What is being asked >>
Copy out every record below with complete accuracy.

Raw data >>
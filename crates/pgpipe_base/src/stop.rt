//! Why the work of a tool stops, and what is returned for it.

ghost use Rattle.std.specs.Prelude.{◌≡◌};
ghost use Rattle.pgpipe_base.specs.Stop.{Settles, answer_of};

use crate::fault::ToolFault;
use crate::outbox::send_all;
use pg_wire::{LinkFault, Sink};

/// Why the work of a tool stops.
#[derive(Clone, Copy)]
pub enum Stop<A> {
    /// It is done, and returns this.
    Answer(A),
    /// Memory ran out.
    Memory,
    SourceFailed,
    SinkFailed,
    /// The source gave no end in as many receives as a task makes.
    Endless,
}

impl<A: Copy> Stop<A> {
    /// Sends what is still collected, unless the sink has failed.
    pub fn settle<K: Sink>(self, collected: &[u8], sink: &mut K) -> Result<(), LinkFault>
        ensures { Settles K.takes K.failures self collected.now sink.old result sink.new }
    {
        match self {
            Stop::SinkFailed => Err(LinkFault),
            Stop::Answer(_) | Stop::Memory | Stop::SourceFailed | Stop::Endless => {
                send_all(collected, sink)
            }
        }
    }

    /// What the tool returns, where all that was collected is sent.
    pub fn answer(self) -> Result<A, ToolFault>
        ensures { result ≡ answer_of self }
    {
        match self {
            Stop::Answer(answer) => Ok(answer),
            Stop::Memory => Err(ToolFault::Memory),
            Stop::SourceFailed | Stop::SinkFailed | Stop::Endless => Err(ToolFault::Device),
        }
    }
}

The completed task >>
filename crates/pgpipe_base/src/stop.rt
//! Why the work of a tool stops, and what is returned for it.

ghost use Rattle.std.specs.Prelude.{◌≡◌};
ghost use Rattle.pgpipe_base.specs.Stop.{Settles, answer_of};

use crate::fault::ToolFault;
use crate::outbox::send_all;
use pg_wire::{LinkFault, Sink};

/// Why the work of a tool stops.
#[derive(Clone, Copy)]
pub enum Stop<A> {
    /// It is done, and returns this.
    Answer(A),
    /// Memory ran out.
    Memory,
    SourceFailed,
    SinkFailed,
    /// The source gave no end in as many receives as a task makes.
    Endless,
}

impl<A: Copy> Stop<A> {
    /// Sends what is still collected, unless the sink has failed.
    pub fn settle<K: Sink>(self, collected: &[u8], sink: &mut K) -> Result<(), LinkFault>
        ensures { Settles K.takes K.failures self collected.now sink.old result sink.new }
    {
        match self {
            Stop::SinkFailed => Err(LinkFault),
            Stop::Answer(_) | Stop::Memory | Stop::SourceFailed | Stop::Endless => {
                send_all(collected, sink)
            }
        }
    }

    /// What the tool returns, where all that was collected is sent.
    pub fn answer(self) -> Result<A, ToolFault>
        ensures { result ≡ answer_of self }
    {
        match self {
            Stop::Answer(answer) => Ok(answer),
            Stop::Memory => Err(ToolFault::Memory),
            Stop::SourceFailed | Stop::SinkFailed | Stop::Endless => Err(ToolFault::Device),
        }
    }
}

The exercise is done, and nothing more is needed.